Once-a-year ice skating warning

Skaters at the Tower of London
Image caption Warming up before getting on the ice is key, say experts

With temporary ice rinks appearing in towns and cities across the UK, the Society of Sports Therapists is reminding people that ice skating can be a dangerous sport.

It warned of a risk of serious injury and advised people take precautions.

It recommends jogging to warm up and avoiding the mulled wine.

The Royal Society for the Prevention of Accidents said falling over and bumping into people was part of the fun, but there were safety precautions.

The chairman of the Society of Sports Therapists, Prof Graham Smith, told the BBC: "It was not about going 'bah, humbug'. Have fun, but be careful."

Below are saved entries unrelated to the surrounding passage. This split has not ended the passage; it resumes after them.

// Presets read.
use crate::numbers;
use fault::Stop;
use preset::{Entry, Header, STRIP, read_preset, read_whole};
use std::test::Fail;

const NONE: Entry = Entry {
    signed: 7,
    plain: 7,
};

// The code and the place of the refusal, if the preset is refused.
fn refused(input: &[u8]) -> Option<(u8, usize)> {
    let mut letters = [0u8; STRIP];
    let mut entries = [NONE; STRIP];
    read_whole(input, &mut letters, &mut entries)
        .err()
        .map(numbers)
}

#[test]
fn rule_184(rt: HostRuntime) -> Result<(), Fail> {
    let input = [
        0x00, 0x02, 0x03, 0x01, 0x01, 0, 0, 0, 1, 1, 1, 0, 1, 0x00, 0x02,
    ];
    let mut letters = [7u8; STRIP];
    let mut entries = [NONE; STRIP];
    let header = read_whole(&input, &mut letters, &mut entries)?;
    assert_eq!(rt;
        header,
        Header {
            kind: 0,
            q: 2,
            n: 3,
            l: 1,
            k: 1,
        }
    );
    assert_eq!(rt; header.letter_count(), Some(8));
    assert_eq!(rt; header.entry_count(), Some(2));
    assert_eq!(rt; &letters[0..9], [0, 0, 0, 1, 1, 1, 0, 1, 7].as_slice());
    assert_eq!(rt;
        entries[1],
        Entry {
            signed: 1,
            plain: 0,
        }
    );
    assert_eq!(rt; entries[2], NONE);
    Ok(())
}

#[test]
fn the_rest_is_handed_on(rt: HostRuntime) -> Result<(), Fail> {
    let input = [0x03, 2, 1, 0, 1, 1, 0, 5, 11, 0, 0, 0x80, 0x80];
    let mut letters = [7u8; STRIP];
    let mut entries = [NONE; STRIP];
    let (header, rest) = read_preset(&input, &mut letters, &mut entries)?;
    assert_eq!(rt; header.kind, 3);
    assert_eq!(rt; rest, [0x80, 0x80].as_slice());
    assert_eq!(rt;
        entries[0],
        Entry {
            signed: -3,
            plain: 11,
        }
    );
    Ok(())
}

#[test]
fn header_refusals(rt: HostRuntime) {
    assert_eq!(rt; refused(&[0, 2, 0x81]), Some((1, 2)));
    assert_eq!(rt; refused(&[0, 2]), Some((1, 2)));
    assert_eq!(rt; refused(&[0, 2, 3, 0x80]), Some((2, 3)));
    assert_eq!(rt; refused(&[5, 2, 3]), Some((3, 0)));
    assert_eq!(rt; refused(&[0, 9]), Some((4, 1)));
    assert_eq!(rt; refused(&[0, 2, 13]), Some((5, 2)));
    assert_eq!(rt; refused(&[0, 2, 3, 3]), Some((6, 3)));
    assert_eq!(rt; refused(&[0, 2, 3, 1, 13]), Some((7, 4)));
    assert_eq!(rt; refused(&[0, 8, 4, 1, 2]), Some((9, 4)));
}

#[test]
fn body_refusals(rt: HostRuntime) {
    assert_eq!(rt; refused(&[0, 2, 1, 0, 1, 0, 1, 0, 2]), None);
    assert_eq!(rt; refused(&[0, 2, 1, 0, 1, 0, 1, 0, 2, 0x80]), Some((10, 9)));
    assert_eq!(rt; refused(&[0, 2, 1, 0, 1, 0, 2, 0, 2]), Some((14, 6)));
    assert_eq!(rt; refused(&[1, 2, 1, 0, 1, 0, 1, 0, 12]), Some((15, 8)));
    assert_eq!(rt;
        refused(&[2, 2, 1, 0, 1, 0, 1, 0x84, 0x80, 0x00, 0]),
        Some((15, 7))
    );
    assert_eq!(rt;
        refused(&[3, 2, 1, 0, 1, 0, 1, 0, 0, 0, 12]),
        Some((15, 10))
    );
}

#[test]
fn short_strips(rt: HostRuntime) {
    let mut letters = [7u8; 4095];
    let mut entries = [NONE; STRIP];
    let answer = read_whole(&[0x80], &mut letters, &mut entries);
    assert_eq!(rt; answer, Err(Stop::ShortStrip.at(0)));
    assert_eq!(rt; Stop::ShortStrip.code(), 12);
}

He said: "While it is a fun sport it can be very dangerous and should be treated with a large degree of respect, especially as for some, it is something that is done only once or twice a year."

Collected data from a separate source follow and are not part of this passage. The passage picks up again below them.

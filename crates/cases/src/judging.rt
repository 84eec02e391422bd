// Benches judged and densities compared.
use crate::numbers;
use automaton::{Density, PatternDensity, Rule, SumRule, TableDensity, TableRule};
use bench::{Break, Comparison, Draft, compare};
use charge::{Channels, Charge, Pitch, Voices};
use fault::Fault;

// The break, if there is one, of a rule under a density.
fn judged<C: Charge, R: Rule + Drop, D: Density<C> + Drop>(
    rule: R,
    density: D,
    crossings: &mut [C],
    ring: &mut [u8],
) -> Result<Option<Break<C>>, Fault> {
    Ok(Draft::new(rule, density)?.judge(crossings, ring)?.found())
}

// The same for a rule and a density over two letters, by the rule's window and reach and by their tables.
fn judged_tables<C: Charge>(
    (n, l): (u64, u64),
    letters: &[u8],
    entries: &[C],
    crossings: &mut [C],
    ring: &mut [u8],
) -> Result<Option<Break<C>>, Fault> {
    let mut rule = TableRule::zero();
    rule.fill(2, n, l, letters)?;
    let mut density = TableDensity::zero();
    density.fill(2, 1, entries)?;
    judged(rule, density, crossings, ring)
}

// The window and the reach of the elementary rules.
const ELEMENTARY: (u64, u64) = (3, 1);

const RULE_184: [u8; 8] = [0, 0, 0, 1, 1, 1, 0, 1];

// A voice for each 1.
const ONES: [Voices; 2] = [Voices { count: 0 }, Voices { count: 1 }];

// What is found where a word breaks the total.
fn broken<C: Charge>(
    word: usize,
    len: usize,
    first: C,
    second: C,
) -> Result<Option<Break<C>>, Fault> {
    Ok(Some(Break {
        word,
        len,
        first,
        second,
    }))
}

fn voices(count: i64) -> Voices {
    Voices { count }
}

#[test]
fn rule_184_holds(rt: HostRuntime) {
    let mut crossings = [voices(77); 4];
    let mut ring = [9u8; 5];
    let found = judged_tables(ELEMENTARY, &RULE_184, &ONES, &mut crossings, &mut ring);
    assert_eq!(rt; found, Ok(None));
    assert_eq!(rt; crossings, [voices(0), voices(0), voices(1), voices(0)]);
    assert_eq!(rt; ring, [9, 9, 9, 9, 9]);
}

#[test]
fn rule_90_breaks(rt: HostRuntime) {
    let mut crossings = [voices(77); 4];
    let mut ring = [9u8; 6];
    let found = judged_tables(
        ELEMENTARY,
        &[0, 1, 0, 1, 1, 0, 1, 0],
        &ONES,
        &mut crossings,
        &mut ring,
    );
    assert_eq!(rt; found, broken(0b100, 5, voices(1), voices(2)));
    assert_eq!(rt; ring, [1, 0, 0, 0, 0, 9]);
}

fn channels(bits: u16) -> Channels {
    Channels { bits }
}

#[test]
fn rule_150_holds_in_channels(rt: HostRuntime) {
    let mut crossings = [channels(77); 4];
    let mut ring = [9u8; 5];
    let found = judged_tables(
        ELEMENTARY,
        &[0, 1, 1, 0, 1, 0, 0, 1],
        &[channels(0), channels(1)],
        &mut crossings,
        &mut ring,
    );
    assert_eq!(rt; found, Ok(None));
    assert_eq!(rt;
        crossings,
        [channels(0), channels(1), channels(1), channels(0)]
    );
}

fn class(number: u8) -> Pitch {
    Pitch::new(number).unwrap_or(Pitch::zero())
}

// Ring A gains 12, which is 0, so ring B is shown.
#[test]
fn pitch_breaks_on_ring_b(rt: HostRuntime) {
    let mut crossings = [class(7); 2];
    let mut ring = [9u8; 3];
    let found = judged_tables(
        (2, 0),
        &[1, 1, 1, 1],
        &[class(0), class(4)],
        &mut crossings,
        &mut ring,
    );
    assert_eq!(rt; found, broken(0, 2, class(0), class(8)));
    assert_eq!(rt; ring, [0, 0, 9]);
}

#[test]
fn one_letter_breaks(rt: HostRuntime) {
    let mut crossings = [voices(77); 1];
    let mut ring = [9u8; 1];
    let found = judged_tables((1, 0), &[1, 0], &ONES, &mut crossings, &mut ring);
    assert_eq!(rt; found, broken(0, 1, voices(0), voices(1)));
    assert_eq!(rt; ring, [0]);
    assert_eq!(rt; crossings, [voices(0)]);
}

// The comparison of the patterns of two letters, each worth one voice.
fn compared(
    first: [u8; 2],
    second: [u8; 2],
    crossings: &mut [Voices],
    ring: &mut [u8],
) -> Result<Comparison<Voices>, Fault> {
    let mut one = PatternDensity::zero();
    one.fill(2, 2, &first, voices(1))?;
    let mut other = PatternDensity::zero();
    other.fill(2, 2, &second, voices(1))?;
    compare(&one, &other, crossings, ring)
}

#[test]
fn patterns_10_and_01_agree(rt: HostRuntime) {
    let mut crossings = [voices(77); 2];
    let mut ring = [9u8; 3];
    assert_eq!(rt;
        compared([1, 0], [0, 1], &mut crossings, &mut ring),
        Ok(Comparison::Agree)
    );
    assert_eq!(rt; crossings, [voices(0), voices(1)]);
    assert_eq!(rt; ring, [9, 9, 9]);
}

// The word that fails and the length of the ring, without the totals.
fn place(found: Break<Voices>) -> (usize, usize) {
    (found.word, found.len)
}

#[test]
fn patterns_10_and_11_differ(rt: HostRuntime) {
    let mut crossings = [voices(77); 2];
    let mut ring = [9u8; 3];
    let found = compared([1, 0], [1, 1], &mut crossings, &mut ring);
    assert_eq!(rt;
        found.map(|found| found.found().map(place)),
        Ok(Some((0b10, 3)))
    );
    assert_eq!(rt; ring, [1, 0, 0]);
}

// Rules by sums, so that the tables stay short: the break of one, if there is one, under a density of width k that
// weighs nothing; a refusal by its numbers.
fn judged_sums(
    q: u64,
    n: u64,
    k: u64,
    crossings: &mut [Voices],
    ring: &mut [u8],
) -> Result<Option<Break<Voices>>, Fault> {
    let letters = [0u8; 30];
    let word = [0u8; 12];
    let mut rule = SumRule::zero();
    rule.fill(q, n, 0, &letters)?;
    let mut density = PatternDensity::zero();
    density.fill(q, k, &word, voices(0))?;
    judged(rule, density, crossings, ring)
}

#[test]
fn limits_of_words(rt: HostRuntime) {
    let mut crossings = [voices(77); 2048];
    let mut ring = [9u8; 23];
    assert_eq!(rt; judged_sums(8, 4, 1, &mut crossings, &mut ring), Ok(None));
    assert_eq!(rt;
        judged_sums(8, 4, 2, &mut crossings, &mut ring).map_err(numbers),
        Err((9, 0))
    );
    assert_eq!(rt; judged_sums(2, 12, 1, &mut crossings, &mut ring), Ok(None));
    assert_eq!(rt;
        judged_sums(2, 13, 1, &mut crossings, &mut ring).map_err(numbers),
        Err((5, 0))
    );
}

#[test]
fn short_crossing_strip(rt: HostRuntime) {
    let mut crossings = [voices(77); 3];
    let mut ring = [9u8; 5];
    let found = judged_tables(ELEMENTARY, &RULE_184, &ONES, &mut crossings, &mut ring);
    assert_eq!(rt; found.map_err(numbers), Err((12, 0)));
    assert_eq!(rt; crossings, [voices(77), voices(77), voices(77)]);
}

#[test]
fn short_ring_strip(rt: HostRuntime) {
    let mut crossings = [voices(77); 4];
    let mut ring = [9u8; 4];
    let found = judged_tables(ELEMENTARY, &RULE_184, &ONES, &mut crossings, &mut ring);
    assert_eq!(rt; found.map_err(numbers), Err((12, 0)));
    assert_eq!(rt; crossings, [voices(77); 4]);
}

By contrast regular skaters learn "how to fall properly".

'Don't over-estimate ability'

If you fall, he recommends tucking your arms in and rolling - rather than putting you hand out to stop the fall, which could damage the hand or be hit by another skater's blades.

He said the hazards were greater for older people.

Peter Cornall, head of leisure safety at the Royal Society for the Prevention of Accidents said: "Leisure activities should be as safe as necessary, not as safe as possible; when going ice skating this means you should expect to fall over and for others to bump into you - in fact, that is part of the fun.

"If you're going skating, wearing a pair of gloves is always a good idea, as is wearing whatever protective kit the rink operators give you and lacing up your skates properly.

He also warned people not to over-estimate their ability: "you probably won't be able to recreate what you see during the Winter Olympics," he said.